*Task:*
Could you repeat the records shown below exactly as written?

*Data excerpts:*
//! A source that asks for its bytes.
use mp_streams::{Failed, Sink, Source, put_all};

/// What is written before each line that somebody types.
const PROMPT: &[u8] = b"> ";

/// A source that writes a prompt to a sink before it takes bytes. A prompt that can't be written is left out; the write of the answer after it then
/// fails.
#[derive(Drop)]
pub struct Prompted<S: Source, T: Sink> {
    source: S,
    sink: T,
}

impl<S: Source, T: Sink> Prompted<S, T> {
    ghost use Rattle.std.specs.Prelude.{◌≡◌};

    /// The source, of which nothing was taken.
    pub fn new(source: S, sink: T) -> Self
        ensures source { result.source ≡ source }
        ensures sink { result.sink ≡ sink }
    {
        Prompted { source, sink }
    }
}

impl<S: Source, T: Sink> Source for Prompted<S, T> {
    ghost left = { λ prompted. S.left prompted.source };

    ghost fault_count = { λ prompted. S.fault_count prompted.source };

    fn take(&mut self, room: &mut [u8]) -> Result<usize, Failed> {
        let _ = put_all(&mut self.sink, PROMPT);
        self.source.take(room)
    }

    fn faults(&self) -> u64 {
        self.source.faults()
    }
}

*Exercise answer:*
//! A source that asks for its bytes.
use mp_streams::{Failed, Sink, Source, put_all};

/// What is written before each line that somebody types.
const PROMPT: &[u8] = b"> ";

/// A source that writes a prompt to a sink before it takes bytes. A prompt that can't be written is left out; the write of the answer after it then
/// fails.
#[derive(Drop)]
pub struct Prompted<S: Source, T: Sink> {
    source: S,
    sink: T,
}

impl<S: Source, T: Sink> Prompted<S, T> {
    ghost use Rattle.std.specs.Prelude.{◌≡◌};

    /// The source, of which nothing was taken.
    pub fn new(source: S, sink: T) -> Self
        ensures source { result.source ≡ source }
        ensures sink { result.sink ≡ sink }
    {
        Prompted { source, sink }
    }
}

impl<S: Source, T: Sink> Source for Prompted<S, T> {
    ghost left = { λ prompted. S.left prompted.source };

    ghost fault_count = { λ prompted. S.fault_count prompted.source };

    fn take(&mut self, room: &mut [u8]) -> Result<usize, Failed> {
        let _ = put_all(&mut self.sink, PROMPT);
        self.source.take(room)
    }

    fn faults(&self) -> u64 {
        self.source.faults()
    }
}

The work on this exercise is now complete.